Data records:

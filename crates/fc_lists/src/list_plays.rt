//! Lists played: the one-card moves to which their entries come, and the board after so many of them.

ghost use Rattle.std.specs.Prelude.{◌≡◌, ◌+◌, ◌≤◌, ◌<◌, ℕ, length, take, All, IfOk, IfErr};
ghost use Rattle.fc_position.specs.Board.{Board};
ghost use Rattle.fc_moves.specs.GameRules.{IsPositionOf};
ghost use Rattle.fc_moves.specs.MoveText.{HasText};
ghost use Rattle.fc_moves.specs.Run.{Run};
ghost use Rattle.fc_replay.specs.Token.{move_tokens};
ghost use Rattle.fc_lists.specs.Plays.{AreMoves, ComeTo, HasEntries, IsListBoard, IsListStop, IsListUnanswered, wanted_tokens};

use crate::expansions::{expand_entries, no_entry};
use crate::faults::PlayFault;
use fc_moves::{Game, Move, allows, apply};
use fc_position::Position;
use fc_replay::{MoveGaps, read_token};
use fc_text::Tokens;
use std::alloc::Global;

/// The most bytes that a text of moves may have.
pub const LONGEST_MOVES: usize = 1_048_576;

/// What is asked of a list of moves.
#[derive(Clone, Copy, Debug, PartialEq, Eq)]
pub enum ListWants {
    /// Its one-card moves, on one line.
    Line,
    /// The board after so many of its entries, as it is printed.
    BoardAfter(u32),
}

/// A question about a list of moves.
#[derive(Clone, Copy, Debug, PartialEq, Eq)]
pub struct ListQuestion {
    /// What is asked.
    pub wants: ListWants,
    /// Whether an entry may move several cards, as in standard notation; else each moves one.
    pub has_sequences: bool,
}

/// The board after the entries of a list that are asked of, which are played from a position of the game: each moves one card, or, where
/// they may move several, as in standard notation. Where it isn't told how many cards go to an empty column, they are so many that the
/// entries that are played can be.
///
/// # Errors
/// In this order: fewer entries than are asked of; then, of entries of one card, the first that is no move or isn't allowed, or want of
/// memory, whichever is met first; of others the first that is none; then the first step up to which no numbers of cards let them be
/// played, or one up to which they lead to more than 1,000 boards, or want of memory, whichever is met first; and more than
/// 4,294,967,295 one-card moves.
pub fn list_board<G: Game>(
    alloc: Global,
    game: &G,
    start: &Position,
    list: &[u8],
    question: ListQuestion,
) -> Result<Position, PlayFault>
    requires fits { IsPositionOf (G.game game.now) start.now }
    requires short { length list.now ≤ LONGEST_MOVES }
    ensures board { IfOk result (IsListBoard question (G.game game.now) start.now (move_tokens list.now)) }
    ensures fits { IfOk result (IsPositionOf (G.game game.now)) }
    ensures fault { IfErr result (IsListUnanswered question (G.game game.now) start.now (move_tokens list.now)) }
{
    let steps = list_moves(alloc, game, start, list, question)?;
    Ok(last_board(game, start, steps.as_slice()))
}

/// The one-card moves to which the entries of a list come that are asked of, at most 4,294,967,295: they are played from a position of
/// the game as `list_board` plays them.
///
/// # Errors
/// Those of `list_board`.
pub fn list_moves<G: Game>(
    alloc: Global,
    game: &G,
    start: &Position,
    list: &[u8],
    question: ListQuestion,
) -> Result<Vec<Move>, PlayFault>
    requires fits { IsPositionOf (G.game game.now) start.now }
    requires short { length list.now ≤ LONGEST_MOVES }
    ensures there { IfOk result (λ _. HasEntries question.wants (move_tokens list.now)) }
    ensures come { IfOk result (λ moves. ComeTo question.has_sequences (G.game game.now) start.now
        (wanted_tokens question.wants (move_tokens list.now)) moves.items) }
    ensures texts { IfOk result (λ moves. All HasText moves.items) }
    ensures few { IfOk result (λ moves. length moves.items ≤ 4294967295) }
    ensures fault { IfErr result (IsListUnanswered question (G.game game.now) start.now (move_tokens list.now)) }
{
    let most = most_entries(question.wants, list)?;
    if question.has_sequences {
        Ok(expand_entries(alloc, game, start, list, most)?.moves)
    } else {
        make_moves(alloc, game, start, list, most)
    }
}

// The most entries of a text that are to be played.
fn most_entries(wants: ListWants, text: &[u8]) -> Result<usize, PlayFault>
    requires short { length text.now ≤ LONGEST_MOVES }
    ensures taken { IfOk result (λ most. take most (move_tokens text.now) ≡ wanted_tokens wants (move_tokens text.now)) }
    ensures there { IfOk result (λ _. HasEntries wants (move_tokens text.now)) }
    ensures fault { IfErr result (λ fault. (fault ≡ PlayFault.ListEnds (length (move_tokens text.now)))
        × ((n : ℕ) × (wants ≡ ListWants.BoardAfter n) × (length (move_tokens text.now) < n))) }
{
    match wants {
        ListWants::Line => Ok(LONGEST_MOVES),
        ListWants::BoardAfter(entries) => {
            let count = count_entries(text);
            if count < entries {
                return Err(PlayFault::ListEnds(count));
            }
            Ok(entries as usize)
        }
    }
}

// How many entries a text has.
fn count_entries(text: &[u8]) -> u32
    requires short { length text.now ≤ LONGEST_MOVES }
    ensures value { result ≡ length (move_tokens text.now) }
{
    let mut count = 0;
    for _token in Tokens::new(text, MoveGaps) {
        count += 1;
    }
    count
}

// The moves of the first entries of a text, at most so many, each of which moves one card.
fn make_moves<G: Game>(
    alloc: Global,
    game: &G,
    position: &Position,
    text: &[u8],
    most: usize,
) -> Result<Vec<Move>, PlayFault>
    requires fits { IsPositionOf (G.game game.now) position.now }
    requires short { length text.now ≤ LONGEST_MOVES }
    ensures made { IfOk result (λ moves. AreMoves (G.game game.now) position.now (take most (move_tokens text.now)) moves.items) }
    ensures texts { IfOk result (λ moves. All HasText moves.items) }
    ensures few { IfOk result (λ moves. length moves.items ≤ 4294967295) }
    ensures fault { IfErr result (IsListStop (G.game game.now) position.now (take most (move_tokens text.now))) }
{
    let mut board = position.copy();
    let mut moves = Vec::new(alloc);
    for token in Tokens::new(text, MoveGaps) {
        if moves.len() >= most {
            return Ok(moves);
        }
        let Some(m) = read_token(token) else {
            return Err(no_entry(moves.len()));
        };
        if !allows(game, &board, m) {
            return Err(refused_move(moves.len()));
        }
        apply(game, &mut board, m);
        let Ok(()) = moves.push(m) else {
            return Err(PlayFault::Memory);
        };
    }
    Ok(moves)
}

// The fault of a move that isn't allowed, behind so many that are.
fn refused_move(before: usize) -> PlayFault
    requires few { before ≤ LONGEST_MOVES }
    ensures value { result ≡ PlayFault.NotAllowed (before + 1) }
{
    PlayFault::NotAllowed(before as u32 + 1)
}

/// The board to which moves lead that run from a position.
pub fn last_board<G: Game>(game: &G, start: &Position, moves: &[Move]) -> Position
    requires fits { IsPositionOf (G.game game.now) start.now }
    requires run { (c : Board) × Run (G.game game.now) start.now moves.now c }
    ensures run { Run (G.game game.now) start.now moves.now result }
    ensures fits { IsPositionOf (G.game game.now) result }
{
    let mut board = start.copy();
    for m in moves {
        apply(game, &mut board, *m);
    }
    board
}
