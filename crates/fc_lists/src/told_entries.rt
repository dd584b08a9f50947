//! Entries that a line tells in words, as the program and Freecell Solver print them.

ghost use Rattle.std.specs.Prelude.{◌≡◌, ℕ, ◌==◌, ◌-◌, ◌<◌, ◌++◌, List, [], ◌∷◌, IfSome, IfNone, codes, length, map, slice_index};
ghost use Rattle.fc_replay.specs.Token.{move_tokens};
ghost use Rattle.fc_sequences.specs.Pair.{HasPairText};
ghost use Rattle.fc_lists.specs.Told.{HasCards, IsCardCount, IsLetterOf, SaysEntry, TellsEntry, TellsWay, ends_with_point};
ghost use Rattle.fc_lists.specs.declared.told_entries.ToldEntry.{ToldEntry};
ghost use Rattle.fc_lists.specs.inner.Told.{RefusesCards, RefusesWay, SaysNoEntry};

use arrayvec::ArrayVec;
use fc_replay::MoveGaps;
use fc_sequences::{Pair, read_pair, read_saying};
use fc_text::Tokens;

// An entry that a line tells in words: the letters of its places, and how many cards it moves.
#[derive(Clone, Copy)]
pub(crate) struct ToldEntry {
    pub from: u8,
    pub to: u8,
    pub count: u8,
}

// The entry that a line tells in words, as the program prints it.
pub(crate) fn told_entry(line: &[u8]) -> Option<ToldEntry>
    ensures told { IfSome result (TellsEntry (move_tokens line.now)) }
    ensures few { IfSome result (λ told. told.count < 14) }
    ensures refused { IfNone result ((told : ToldEntry) → TellsEntry (move_tokens line.now) told → ⊥) }
{
    let mut words = Tokens::new(line, MoveGaps);
    let number = words.next()?;
    let count = told_count(&mut words)?;
    let (from, to) = told_way(words.rest)?;
    if !ends_with_point(number) {
        return None;
    }
    Some(ToldEntry { from, to, count })
}

// Whether a word's last byte is a point.
fn ends_with_point(word: &[u8]) -> bool
    ensures value { result ≡ ends_with_point word.now }
{
    matches!(word, [.., b'.'])
}

// How many cards are told, before the word `from`.
fn told_count(words: &mut Tokens<'_, MoveGaps>) -> Option<u8>
    ensures told { IfSome result (λ count. HasCards (move_tokens words.old.rest.now) count (move_tokens words.new.rest.now)) }
    ensures few { IfSome result (λ count. count < 14) }
    ensures refused { IfNone result (RefusesCards (move_tokens words.old.rest.now)) }
{
    let cards = words.next()?;
    let word = words.next()?;
    if word == b"from".as_slice() {
        return Some(1);
    }
    if word != b"cards,".as_slice() {
        return None;
    }
    let count = card_count(cards)?;
    let _deepest = words.next()?;
    let _to = words.next()?;
    let _last = words.next()?;
    let word = words.next()?;
    if word != b"from".as_slice() {
        return None;
    }
    Some(count)
}

// How many cards are carried, from 2 to 13.
fn card_count(number: &[u8]) -> Option<u8>
    ensures told { IfSome result (IsCardCount number.now) }
    ensures refused { IfNone result ((count : ℕ) → IsCardCount number.now count → ⊥) }
{
    match number {
        [digit @ b'2'..=b'9'] => Some(*digit - b'0'),
        [b'1', digit @ b'0'..=b'3'] => Some(10 + (*digit - b'0')),
        _ => None,
    }
}

// The letters of the places that are told behind the word `from`.
fn told_way(text: &[u8]) -> Option<(u8, u8)>
    ensures told { IfSome result (λ way. TellsWay (move_tokens text.now) way.0 way.1) }
    ensures refused { IfNone result (RefusesWay (move_tokens text.now)) }
{
    let mut words = Tokens::new(text, MoveGaps);
    let _kind = words.next()?;
    let name = words.next()?;
    let from = letter_of(name)?;
    let last = last_of(words.rest)?;
    let to = letter_of(last)?;
    Some((from, to))
}

// The last word of a text.
fn last_of(text: &[u8]) -> Option<&[u8]>
    ensures last { IfSome result (λ last. (front : List (List ℕ)) × (move_tokens text.now ≡ front ++ last.now ∷ [])) }
    ensures none { IfNone result (move_tokens text.now ≡ []) }
{
    let mut words = Tokens::new(text, MoveGaps);
    let mut last = words.next()?;
    for word in words {
        last = word;
    }
    Some(last)
}

// The letter of a place by its name.
fn letter_of(name: &[u8]) -> Option<u8>
    ensures letter { IfSome result (IsLetterOf name.now) }
    ensures refused { IfNone result ((letter : ℕ) → IsLetterOf name.now letter → ⊥) }
{
    if name == b"home".as_slice() {
        return Some(b'h');
    }
    match name {
        [letter] => Some(*letter),
        _ => None,
    }
}

// The entry that a line tells as Freecell Solver prints it: in words, or, where it draws boards between entries in standard
// notation, behind `Move:`.
pub(crate) fn said_entry(line: &[u8]) -> Option<Pair>
    ensures text { IfSome result HasPairText }
    ensures said { IfSome result (SaysEntry (move_tokens line.now)) }
    ensures refused { IfNone result (SaysNoEntry (move_tokens line.now)) }
{
    let mut words = ArrayVec::<&[u8], 9>::new();
    for word in Tokens::new(line, MoveGaps) {
        if words.try_push(word).is_err() {
            return None;
        }
    }
    said_by(words.as_slice())
}

// The entry that words tell so.
fn said_by(words: &[&[u8]]) -> Option<Pair>
    ensures text { IfSome result HasPairText }
    ensures said { IfSome result (SaysEntry (map (λ w. w.now) words.now)) }
    ensures refused { IfNone result (SaysNoEntry (map (λ w. w.now) words.now)) }
{
    let [start, entry] = words else {
        return read_saying(words);
    };
    if *start != b"Move:".as_slice() {
        return None;
    }
    read_pair(entry)
}
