//! Boards to which moves can lead from a deal.

ghost use Rattle.std.specs.Prelude.{◌≡◌, ℕ, ◌<◌, ◌↔◌, IsTrue, cond, nat_lt};
ghost use Rattle.fc_position.specs.Board.{column};
ghost use Rattle.fc_notes.specs.Length.{CanBePlayedTo, IsPlayedBy, IsPlayedColumn, StandsBy, dealt_count};

use fc_cards::Card;
use fc_position::Position;

/// By what a card stands on one a rank higher.
#[derive(Clone, Copy, Debug, PartialEq, Eq)]
pub(crate) enum Rule {
    /// By their colours, which differ.
    Colours,
    /// By their suit.
    Suits,
}

/// Whether moves can lead from a deal to a board: each card past those of its column that were dealt, seven in the first four
/// and six in the others, stands on the card before it, by the colours throughout or by the suits.
pub(crate) fn can_be_played_to(start: &Position) -> bool
    ensures value { IsTrue result ↔ CanBePlayedTo start.now }
{
    is_played(start, Rule::Colours) || is_played(start, Rule::Suits)
}

// Whether each card past those that were dealt stands so on the card before it.
fn is_played(start: &Position, rule: Rule) -> bool
    ensures value { IsTrue result ↔ IsPlayedBy rule start.now }
{
    for column in 0..8 {
        if !is_played_column(start.column(column), dealt_count(column), rule) {
            return false;
        }
    }
    true
}

/// How many cards of a column are dealt.
pub(crate) fn dealt_count(column: u8) -> usize
    ensures value { result ≡ dealt_count column }
{
    if column < 4 { 7 } else { 6 }
}

// Whether each card past so many stands on the card before it.
fn is_played_column(cards: &[Card], dealt: usize, rule: Rule) -> bool
    requires some { 0 < dealt }
    ensures value { IsTrue result ↔ IsPlayedColumn rule dealt cards.now }
{
    for depth in dealt..cards.len() {
        if !stands(cards[depth], cards[depth - 1], rule) {
            return false;
        }
    }
    true
}

// Whether a card may stand on another one.
fn stands(card: Card, host: Card, rule: Rule) -> bool
    ensures value { IsTrue result ↔ StandsBy rule card host }
{
    let is_next = card.rank() + 1 == host.rank();
    match rule {
        Rule::Colours => is_next && card.is_red() != host.is_red(),
        Rule::Suits => is_next && card.suit() == host.suit(),
    }
}
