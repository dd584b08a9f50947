//! Entries of a list, as people and programs write them.

ghost use Rattle.std.specs.Prelude.{◌≡◌, ◌↔◌, IfOk, IsTrue, MatchOption, map};
ghost use Rattle.fc_moves.specs.Step.{Allows};
ghost use Rattle.fc_lists.specs.Weaving.{AllowsEntry, IsEntryFor, IsHomeBefore};
ghost use Rattle.fc_lists.specs.declared.written_entries.Entry.TheVariants as entry;

use fc_cards::{Card, Place};
use fc_moves::{Game, Move, allows, moves};
use fc_position::Position;
use std::alloc::{AllocError, Global};

/// An entry of a list.
#[derive(Clone, Copy, Debug)]
pub enum Entry {
    /// A move, from where to where.
    Move(Move),
    /// A card, from where it lies then, and where it goes.
    Card(Card, Place),
}

// The moves as entries.
pub(crate) fn entries_of(alloc: Global, list: &[Move]) -> Result<Vec<Entry>, AllocError>
    ensures entries { IfOk result (λ entries. entries.items ≡ map entry.Move list.now) }
{
    let mut entries = Vec::new(alloc);
    for m in list {
        entries.push(Entry::Move(*m))?;
    }
    Ok(entries)
}

// The move that an entry is on a position, if the rules allow it.
pub(crate) fn move_for<G: Game>(game: &G, position: &Position, e: &Entry) -> Option<Move>
    ensures allowed { MatchOption result (AllowsEntry (G.game game.now) position.now e.now → ⊥)
        (λ m. IsEntryFor position.now e.now m × Allows (G.game game.now) position.now m) }
{
    match *e {
        Entry::Move(m) => move_itself(game, position, m),
        Entry::Card(card, to) => move_of_card(game, position, card, to),
    }
}

// A move, if the rules allow it.
fn move_itself<G: Game>(game: &G, position: &Position, m: Move) -> Option<Move>
    ensures allowed { MatchOption result (AllowsEntry (G.game game.now) position.now (entry.Move m) → ⊥)
        (λ n. IsEntryFor position.now (entry.Move m) n × Allows (G.game game.now) position.now n) }
{
    if allows(game, position, m) {
        Some(m)
    } else {
        None
    }
}

// The move that takes a card to a place, if the rules allow it.
fn move_of_card<G: Game>(game: &G, position: &Position, card: Card, to: Place) -> Option<Move>
    ensures allowed { MatchOption result (AllowsEntry (G.game game.now) position.now (entry.Card card to) → ⊥)
        (λ m. IsEntryFor position.now (entry.Card card to) m × Allows (G.game game.now) position.now m) }
{
    let list = moves(game, position);
    for m in list.as_slice() {
        if takes_card(position, *m, card, to) {
            return Some(*m);
        }
    }
    None
}

// Whether a move takes a card to a place.
fn takes_card(position: &Position, m: Move, card: Card, to: Place) -> bool
    ensures value { IsTrue result ↔ IsEntryFor position.now (entry.Card card to) m }
{
    m.to == to && position.playable(m.from) == Some(card)
}

// Whether an entry sends a card home that is there.
pub(crate) fn is_home_before(position: &Position, e: &Entry) -> bool
    ensures value { IsTrue result ↔ IsHomeBefore position.now e.now }
{
    match *e {
        Entry::Move(_) => false,
        Entry::Card(card, to) => goes_home_again(position, card, to),
    }
}

// Whether a card that is home goes there.
fn goes_home_again(position: &Position, card: Card, to: Place) -> bool
    ensures value { IsTrue result ↔ IsHomeBefore position.now (entry.Card card to) }
{
    match to {
        Place::Home => card.rank() <= position.home(card.suit()),
        Place::Column(_) | Place::Cell(_) => false,
    }
}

**EXERCISE DIRECTIONS:**
From the data above, return every line from the line that has "make_moves(alloc, game, start, list, most)" up to and including the line that has "moves one card.", exactly.

**RESPONSE AREA:**
        make_moves(alloc, game, start, list, most)
    }
}

// The most entries of a text that are to be played.
fn most_entries(wants: ListWants, text: &[u8]) -> Result<usize, PlayFault>
    requires short { length text.now ≤ LONGEST_MOVES }
    ensures taken { IfOk result (λ most. take most (move_tokens text.now) ≡ wanted_tokens wants (move_tokens text.now)) }
    ensures there { IfOk result (λ _. HasEntries wants (move_tokens text.now)) }
    ensures fault { IfErr result (λ fault. (fault ≡ PlayFault.ListEnds (length (move_tokens text.now)))
        × ((n : ℕ) × (wants ≡ ListWants.BoardAfter n) × (length (move_tokens text.now) < n))) }
{
    match wants {
        ListWants::Line => Ok(LONGEST_MOVES),
        ListWants::BoardAfter(entries) => {
            let count = count_entries(text);
            if count < entries {
                return Err(PlayFault::ListEnds(count));
            }
            Ok(entries as usize)
        }
    }
}

// How many entries a text has.
fn count_entries(text: &[u8]) -> u32
    requires short { length text.now ≤ LONGEST_MOVES }
    ensures value { result ≡ length (move_tokens text.now) }
{
    let mut count = 0;
    for _token in Tokens::new(text, MoveGaps) {
        count += 1;
    }
    count
}

// The moves of the first entries of a text, at most so many, each of which moves one card.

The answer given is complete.